-- ABOUT THIS TASK --
Look through the records and copy each line that has "from" in it.

(Dataset items)
•••

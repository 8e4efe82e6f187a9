//! Threads and tasks that wait on a channel of owned values: a send and a receive that sleep, and the channel as a stream and as a sink of
//! the kit's futures; and threads that wait for the end of a Job.
//!
//! A channel of owned values blocks nobody: who has to wait is told so, and each call names whom it set free. Here each tag has a bell
//! (`Bells` of `ring_bridge`), which those who are named hear. Who waits reads how often its bell was rung, looks at its wait, and sleeps
//! only if the bell was not rung since: so a wake that comes in between is not lost. Before it sleeps it looks some times more, since an
//! answer that comes at once is cheaper so. The tags from 63 on share the last bell: a thread that hears it for another sleeps again.
//!
//! All who share a channel have to call by these functions, or ring the bells of those whom their calls name: else one that sleeps may
//! sleep for ever. That a thread or a task goes on after its bell was rung is not claimed.
//!
//! A permit that sleeps is `Gate::blocking_acquire` of `gates`.
//!
//! - `resting`: a thread sleeps until its wait is resolved, and who was named is woken
//! - `calls`: to send and to receive
//! - `closing`: to close, so that each receiver that sleeps hears it
//! - `stops`: a wait is given up
//! - `streams`, `receiving`: a channel as a stream
//! - `sinks`, `sending`: a channel as a sink
//! - `jobs`: to wait for the end of a Job, and to wake who waits
#![tactic(auto)]

mod calls;
mod closing;
mod jobs;
mod receiving;
mod resting;
mod sending;
mod sinks;
mod stops;
mod streams;

pub use calls::{ReceiveFault, SendFault, receive, send};
pub use closing::close;
pub use jobs::{BellWakes, await_job};
pub use sinks::ParcelSink;
pub use streams::ParcelStream;
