//! What the calls on a channel of owned values answer.
//!
//! A set of tags is a number: the bit `2^t` is that of the tag t below 63, and `2^63` is the bit of all other tags. Who waited under a tag
//! that an answer names, in such a set or as a `Tag`, may be woken: its wait was resolved.

use co_base::{Tag, Value, WaitId};

/// What a send answers. Where the value was not sent it comes back, unless it was lost.
#[derive(Drop)]
pub enum ParcelSent<T> {
    /// It was sent; the coroutine of the receiver that was handed it, if one was; and the set of those whose values the call admitted.
    Sent(Option<Tag>, u64),
    /// It waits for its receiver; and the set of those whose values the call admitted.
    Waits(WaitId, u64),
    Closed(T, Value),
    /// The channel has no place left.
    Spent(T),
    /// No number is left.
    NoParcel(T),
    /// It was not sent, and its slot held no value.
    Lost,
}

/// What a send answers that never waits. Where the value was not sent it comes back, unless it was lost.
#[derive(Drop)]
pub enum ParcelOffered<T> {
    /// It was sent; the coroutine of the receiver that was handed it, if one was.
    Sent(Option<Tag>),
    /// It would have had to wait.
    Full(T),
    Closed(T, Value),
    /// The channel has no place left.
    Spent(T),
    /// No number is left.
    NoParcel(T),
    /// It was not sent, and its slot held no value.
    Lost,
}

/// What a receive answers.
#[derive(Drop)]
pub enum ParcelGot<T> {
    /// A value; the coroutine of the sender that waited with it, if one did; and the set of those whose values were admitted then.
    Value(T, Option<Tag>, u64),
    Waits(WaitId),
    Closed(Value),
    Spent,
    /// The slot of the number that was received held no value.
    Lost(Option<Tag>, u64),
}

/// What a receive answers that never waits.
#[derive(Drop)]
pub enum ParcelTried<T> {
    /// A value; the coroutine of the sender that waited with it, if one did; and the set of those whose values were admitted then.
    Value(T, Option<Tag>, u64),
    /// The channel is open, and there was nothing to receive.
    Empty,
    Closed(Value),
    /// The slot of the number that was received held no value.
    Lost(Option<Tag>, u64),
}

/// How a wait ended.
#[derive(Drop)]
pub enum ParcelSettled<T> {
    Value(T),
    Sent,
    Closed(Value),
    /// It was cancelled; the value of an own offer that was withdrawn.
    Cancelled(Option<T>),
    /// It was cancelled after it had been handed this value.
    Undelivered(T),
    /// The slot of the number that it was handed held no value.
    Lost,
}
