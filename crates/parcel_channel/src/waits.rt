//! Numbers are sent and received, and waits settled: what follows a call on the channel of numbers.
ghost use Rattle.std.specs.Prelude.{◌≡◌, true};
ghost use Rattle.channel_model.specs.Histories.{replay};
ghost use Rattle.channel_model.specs.Floors.{Floor, Looked};
ghost use Rattle.channel_model.specs.PlainOffers.{OffersPlainly};
ghost use Rattle.channel_model.specs.Answers.{IsReady};
ghost use Rattle.word_rules.specs.Words.{IsCell};
ghost use Rattle.cell_words.specs.Hubs.{shape_of, seen_by, IsOwn, SameGiving};
ghost use Rattle.cell_calls.specs.HubFloors.{hub_floor};
ghost use Rattle.parcel_channel.specs.Numbers.{CarriesNumbers, AdmitsAll, OwnOffer, Sends, Gets, TriesToGet, OwnsItsWait, EndAnswer};
ghost use Rattle.parcel_channel.specs.Numbers.{is_sent, is_cancel, number_of_state, placed_at, withdrawn_at};

use crate::numbers::{admit, offer, receive, settle, try_receive};
use cell_words::{CellState, CellWord, Hub, Pass, ResolvedBy, WaitWord, load_cell, wait_word_at};
use channel_model::{Got, Offered, Settled, TriedGot};
use co_base::{Place, Tag, Value, WaitId};

/// Whether an offer was admitted or received.
fn was_sent(word: WaitWord) -> bool
    ensures { result ≡ is_sent word.by }
{
    match word.by {
        ResolvedBy::Take => true,
        ResolvedBy::Admit => true,
        _ => false,
    }
}

/// Settles the own offer, if it was admitted or received by now. Who has settled it need not look at it again.
fn settle_offer(hub: &Hub, pass: &mut Pass, who: Tag, w: WaitId) -> bool
    requires channel { CarriesNumbers hub.now }
    requires own { IsOwn hub.now pass.old who }
    requires wait { w.channel ≡ 0 }
    requires plain { OffersPlainly who w (replay (seen_by pass.old).seen) }
    ensures own { IsOwn hub.now pass.new who }
    ensures giving { SameGiving pass.old pass.new }
    ensures answer { OwnOffer who w (hub_floor hub.now pass.old) (hub_floor hub.now pass.new) result }
{
    let word = wait_word_at(hub, pass, who, w);
    if !was_sent(word) {
        return false;
    }
    settle(hub, pass, who, w, false);
    true
}

/// What became of a number that was offered.
pub(crate) enum Placed {
    /// A receiver was handed it; its coroutine.
    Handed(Tag),
    /// The channel keeps it, or it was received; and the set of those who were admitted.
    Kept(u64),
    /// It waits at this place; and the set of those who were admitted.
    Waits(Place, u64),
    Closed(Value),
    Spent,
}

/// Admits each offer for which the channel has room, and then looks at the own one at this place.
fn after_held(hub: &Hub, pass: &mut Pass, who: Tag, w: WaitId) -> (bool, u64)
    requires channel { CarriesNumbers hub.now }
    requires own { IsOwn hub.now pass.old who }
    requires wait { w.channel ≡ 0 }
    requires plain { OffersPlainly who w (replay (seen_by pass.old).seen) }
    ensures own { IsOwn hub.now pass.new who }
    ensures giving { SameGiving pass.old pass.new }
    ensures answer { (mid : Floor) × AdmitsAll who result.1 (hub_floor hub.now pass.old) mid
        × OwnOffer who w mid (hub_floor hub.now pass.new) result.0 }
{
    let admitted = admit(hub, pass, who);
    let ended = settle_offer(hub, pass, who, w);
    (ended, admitted)
}

/// What became of an offer that had to wait at this place.
fn held_at(ended: bool, place: Place, admitted: u64) -> Placed
    ensures { result ≡ placed_at ended place admitted }
{
    if ended {
        return Placed::Kept(admitted);
    }
    Placed::Waits(place, admitted)
}

/// Offers the number; where the offer has to wait, admits each offer for which the channel has room, and looks whether the own one was.
pub(crate) fn send(hub: &Hub, pass: &mut Pass, who: Tag, value: Value) -> Placed
    requires channel { CarriesNumbers hub.now }
    requires own { IsOwn hub.now pass.old who }
    ensures own { IsOwn hub.now pass.new who }
    ensures giving { SameGiving pass.old pass.new }
    ensures answer { Sends who value (hub_floor hub.now pass.old) (hub_floor hub.now pass.new) result }
{
    match offer(hub, pass, who, value) {
        Offered::Handed(_, to) => Placed::Handed(to),
        Offered::Put(_) => Placed::Kept(0),
        Offered::Held(place) => {
            let held = after_held(hub, pass, who, WaitId { channel: 0, place });
            held_at(held.0, place, held.1)
        }
        Offered::Closed(v) => Placed::Closed(v),
        Offered::Spent => Placed::Spent,
    }
}

/// What a receive came to.
pub(crate) enum Received {
    /// A number; the coroutine that waited with it, if one did; and the set of those who were admitted then.
    Taken(Value, Option<Tag>, u64),
    /// It waits at this place.
    Waiting(Place),
    Closed(Value),
    Spent,
}

/// Receives a number, and then admits each offer for which the channel has room; or waits.
pub(crate) fn receive_next(hub: &Hub, pass: &mut Pass, who: Tag) -> Received
    requires channel { CarriesNumbers hub.now }
    requires own { IsOwn hub.now pass.old who }
    ensures own { IsOwn hub.now pass.new who }
    ensures giving { SameGiving pass.old pass.new }
    ensures answer { Gets who (hub_floor hub.now pass.old) (hub_floor hub.now pass.new) result }
    ensures own_wait { OwnsItsWait who (hub_floor hub.now pass.new) result }
{
    match receive(hub, pass, who) {
        Got::Taken(_place, number, from) => {
            let admitted = admit(hub, pass, who);
            Received::Taken(number, from, admitted)
        }
        Got::Waiting(place) => Received::Waiting(place),
        Got::Closed(v) => Received::Closed(v),
        Got::Spent => Received::Spent,
    }
}

/// What a receive came to that never waits.
pub(crate) enum TriedReceived {
    /// A number; the coroutine that waited with it, if one did; and the set of those who were admitted then.
    Taken(Value, Option<Tag>, u64),
    Empty,
    Closed(Value),
}

/// Receives a number, if one is there, and then admits each offer for which the channel has room.
pub(crate) fn try_receive_next(hub: &Hub, pass: &mut Pass, who: Tag) -> TriedReceived
    requires channel { CarriesNumbers hub.now }
    requires own { IsOwn hub.now pass.old who }
    ensures own { IsOwn hub.now pass.new who }
    ensures giving { SameGiving pass.old pass.new }
    ensures answer { TriesToGet who (hub_floor hub.now pass.old) (hub_floor hub.now pass.new) result }
{
    match try_receive(hub, pass, who) {
        TriedGot::Taken(_place, number, from) => {
            let admitted = admit(hub, pass, who);
            TriedReceived::Taken(number, from, admitted)
        }
        TriedGot::Empty => TriedReceived::Empty,
        TriedGot::Closed(v) => TriedReceived::Closed(v),
    }
}

/// The number that a cell offers.
fn number_offered(word: CellWord) -> Option<Value>
    ensures { result ≡ number_of_state word.state word.value }
{
    match word.state {
        CellState::Offer => Some(word.value),
        _ => None,
    }
}

/// Whether its coroutine withdrew the wait.
fn was_withdrawn(word: WaitWord) -> bool
    ensures { result ≡ is_cancel word.by }
{
    match word.by {
        ResolvedBy::Cancel => true,
        _ => false,
    }
}

/// The number of an own offer that was withdrawn.
fn withdrawn_number(hub: &Hub, pass: &mut Pass, who: Tag, w: WaitId) -> Option<Value>
    requires own { IsOwn hub.now pass.old who }
    requires wait { w.channel ≡ 0 }
    requires at { IsCell (shape_of hub.now) 0 w.place }
    ensures own { IsOwn hub.now pass.new who }
    ensures giving { SameGiving pass.old pass.new }
    ensures looked { Looked who (hub_floor hub.now pass.old) (hub_floor hub.now pass.new) }
    ensures number { result ≡ withdrawn_at w (seen_by pass.new).seen }
{
    let word = wait_word_at(hub, pass, who, w);
    if !was_withdrawn(word) {
        return None;
    }
    let cell = load_cell(hub, pass, who, 0, w.place);
    number_offered(cell)
}

/// How a wait ended.
pub(crate) enum Ended {
    /// It was handed this number.
    Value(Value),
    Sent,
    Closed(Value),
    /// It was an offer of this number, and was withdrawn.
    Withdrew(Value),
    Cancelled,
    /// It was cancelled after it had been handed this number.
    Undelivered(Value),
}

/// Settles the own wait, which was seen resolved.
pub(crate) fn end_wait(hub: &Hub, pass: &mut Pass, who: Tag, w: WaitId, cancelled: bool) -> Ended
    requires channel { CarriesNumbers hub.now }
    requires own { IsOwn hub.now pass.old who }
    requires wait { w.channel ≡ 0 }
    requires ready { IsReady who w (hub_floor hub.now pass.old) }
    ensures own { IsOwn hub.now pass.new who }
    ensures giving { SameGiving pass.old pass.new }
    ensures answer { EndAnswer who w cancelled (hub_floor hub.now pass.old) (hub_floor hub.now pass.new) result }
{
    match settle(hub, pass, who, w, cancelled) {
        Settled::Value(_, number) => Ended::Value(number),
        Settled::Sent(_) => Ended::Sent,
        Settled::Closed(_, v) => Ended::Closed(v),
        Settled::Undelivered(number) => Ended::Undelivered(number),
        Settled::Cancelled => match withdrawn_number(hub, pass, who, w) {
            Some(number) => Ended::Withdrew(number),
            None => Ended::Cancelled,
        },
    }
}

•••

-- RESPONSE BOX --
//! answer that comes at once is cheaper so. The tags from 63 on share the last bell: a thread that hears it for another sleeps again.
        Got::Taken(_place, number, from) => {
            Received::Taken(number, from, admitted)
        TriedGot::Taken(_place, number, from) => {
            TriedReceived::Taken(number, from, admitted)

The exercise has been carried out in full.